(Collected data entries)

★ ★ ★

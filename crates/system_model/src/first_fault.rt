//! A law on the refusals of a frame.
ghost use Rattle.std.specs.Prelude.{ℕ, ◌≡◌, ◌⊎◌, true, false, List};
ghost use Rattle.system_model.specs.declared.SysKind.{SysKind};
ghost use Rattle.system_model.specs.Frame.{Given, framed, Refused, Whole, have_no_words};
ghost use Rattle.system_model.specs.FirstFault.{IsFirstFrameFault, HasNoFrameFault, decided_at_the_end};

/// A law: a text in which no line has words is refused at line 1. Any other is refused for the least line that has a
/// fault, with the first kind in the order of which that line has a fault. Where no line has a fault the end of the text
/// decides: what refuses it there is a section without an end, or a node without a source. See docs/SYSTEM_TEXT.md. It
/// does nothing.
pub fn least_faulty_line_decides()
    ensures wordless { (ls : List (List ℕ)) → have_no_words ls ≡ true → framed ls ≡ Refused 1 SysKind.FirstLine }
    ensures refused { (ls : List (List ℕ)) (line : ℕ) (kind : SysKind) → have_no_words ls ≡ false → framed ls ≡ Refused line kind →
        IsFirstFrameFault ls line kind ⊎ (HasNoFrameFault ls × (decided_at_the_end ls ≡ Refused line kind)) }
    ensures faulty { (ls : List (List ℕ)) (line : ℕ) (kind : SysKind) → have_no_words ls ≡ false → IsFirstFrameFault ls line kind → framed ls ≡ Refused line kind }
    ensures taken { (ls : List (List ℕ)) (given : Given) → framed ls ≡ Whole given → HasNoFrameFault ls × (decided_at_the_end ls ≡ Whole given) }
    ensures faultless { (ls : List (List ℕ)) → have_no_words ls ≡ false → HasNoFrameFault ls → framed ls ≡ decided_at_the_end ls }
{}
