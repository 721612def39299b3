//! A law on system texts that are cut.
ghost use Rattle.std.specs.Prelude.{ℕ, ◌≡◌, List};
ghost use Rattle.sys_plan.specs.Plan.{PlanRec};
ghost use Rattle.system_model.specs.declared.SysKind.{SysKind};
ghost use Rattle.system_model.specs.CutText.{IsCutInside};
ghost use Rattle.system_model.specs.System as stands;
ghost use Rattle.system_model.specs.System.{system_of};

/// A law: a text that stands for a plan, cut inside a source or the script, is refused as one with a section that is not
/// ended, at the line that begins that section. See docs/SYSTEM_TEXT.md. It does nothing.
pub fn cut_texts_are_refused()
    ensures cut { (text part : List ℕ) (plan : PlanRec) (line : ℕ) → system_of text ≡ stands.Plan plan → IsCutInside text part line →
        system_of part ≡ stands.Frame line SysKind.SectionNotEnded }
{}
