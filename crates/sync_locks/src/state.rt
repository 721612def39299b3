//! What a snapshot keeps of a synchroniser and of a lock.

/// What a snapshot keeps of a synchroniser: whether it is in use, its master, 0 to 7, and its slaves, bit k for thread k. One that
/// is not in use has the master 0 and no slaves. See docs/SNAPSHOTS.md.
#[derive(Clone, Copy)]
pub struct SyncState {
    pub used: bool,
    pub master: u8,
    pub slaves: u8,
}

/// What a snapshot keeps of a lock: whether it is in use, and its owner, 0 to 7, if it has one. One that is not in use may have an
/// owner too. See docs/SNAPSHOTS.md.
#[derive(Clone, Copy)]
pub struct LockState {
    pub used: bool,
    pub owner: Option<u8>,
}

★ ★ ★

TASK REQUIREMENTS - Write out the complete set of records exactly as given.

RESPONSE TO THIS EXERCISE -
filename crates/system_model/src/first_fault.rt
//! A law on the refusals of a frame.
ghost use Rattle.std.specs.Prelude.{ℕ, ◌≡◌, ◌⊎◌, true, false, List};
ghost use Rattle.system_model.specs.declared.SysKind.{SysKind};
ghost use Rattle.system_model.specs.Frame.{Given, framed, Refused, Whole, have_no_words};
ghost use Rattle.system_model.specs.FirstFault.{IsFirstFrameFault, HasNoFrameFault, decided_at_the_end};

/// A law: a text in which no line has words is refused at line 1. Any other is refused for the least line that has a
/// fault, with the first kind in the order of which that line has a fault. Where no line has a fault the end of the text
/// decides: what refuses it there is a section without an end, or a node without a source. See docs/SYSTEM_TEXT.md. It
/// does nothing.
pub fn least_faulty_line_decides()
    ensures wordless { (ls : List (List ℕ)) → have_no_words ls ≡ true → framed ls ≡ Refused 1 SysKind.FirstLine }
    ensures refused { (ls : List (List ℕ)) (line : ℕ) (kind : SysKind) → have_no_words ls ≡ false → framed ls ≡ Refused line kind →
        IsFirstFrameFault ls line kind ⊎ (HasNoFrameFault ls × (decided_at_the_end ls ≡ Refused line kind)) }
    ensures faulty { (ls : List (List ℕ)) (line : ℕ) (kind : SysKind) → have_no_words ls ≡ false → IsFirstFrameFault ls line kind → framed ls ≡ Refused line kind }
    ensures taken { (ls : List (List ℕ)) (given : Given) → framed ls ≡ Whole given → HasNoFrameFault ls × (decided_at_the_end ls ≡ Whole given) }
    ensures faultless { (ls : List (List ℕ)) → have_no_words ls ≡ false → HasNoFrameFault ls → framed ls ≡ decided_at_the_end ls }
{}
repository 721612def39299b3
//! A law on system texts that are cut.
ghost use Rattle.std.specs.Prelude.{ℕ, ◌≡◌, List};
ghost use Rattle.sys_plan.specs.Plan.{PlanRec};
ghost use Rattle.system_model.specs.declared.SysKind.{SysKind};
ghost use Rattle.system_model.specs.CutText.{IsCutInside};
ghost use Rattle.system_model.specs.System as stands;
ghost use Rattle.system_model.specs.System.{system_of};

/// A law: a text that stands for a plan, cut inside a source or the script, is refused as one with a section that is not
/// ended, at the line that begins that section. See docs/SYSTEM_TEXT.md. It does nothing.
pub fn cut_texts_are_refused()
    ensures cut { (text part : List ℕ) (plan : PlanRec) (line : ℕ) → system_of text ≡ stands.Plan plan → IsCutInside text part line →
        system_of part ≡ stands.Frame line SysKind.SectionNotEnded }
{}
filename crates/sync_locks/src/state.rt
repository 721612def39299b3
//! What a snapshot keeps of a synchroniser and of a lock.

/// What a snapshot keeps of a synchroniser: whether it is in use, its master, 0 to 7, and its slaves, bit k for thread k. One that
/// is not in use has the master 0 and no slaves. See docs/SNAPSHOTS.md.
#[derive(Clone, Copy)]
pub struct SyncState {
    pub used: bool,
    pub master: u8,
    pub slaves: u8,
}

/// What a snapshot keeps of a lock: whether it is in use, and its owner, 0 to 7, if it has one. One that is not in use may have an
/// owner too. See docs/SNAPSHOTS.md.
#[derive(Clone, Copy)]
pub struct LockState {
    pub used: bool,
    pub owner: Option<u8>,
}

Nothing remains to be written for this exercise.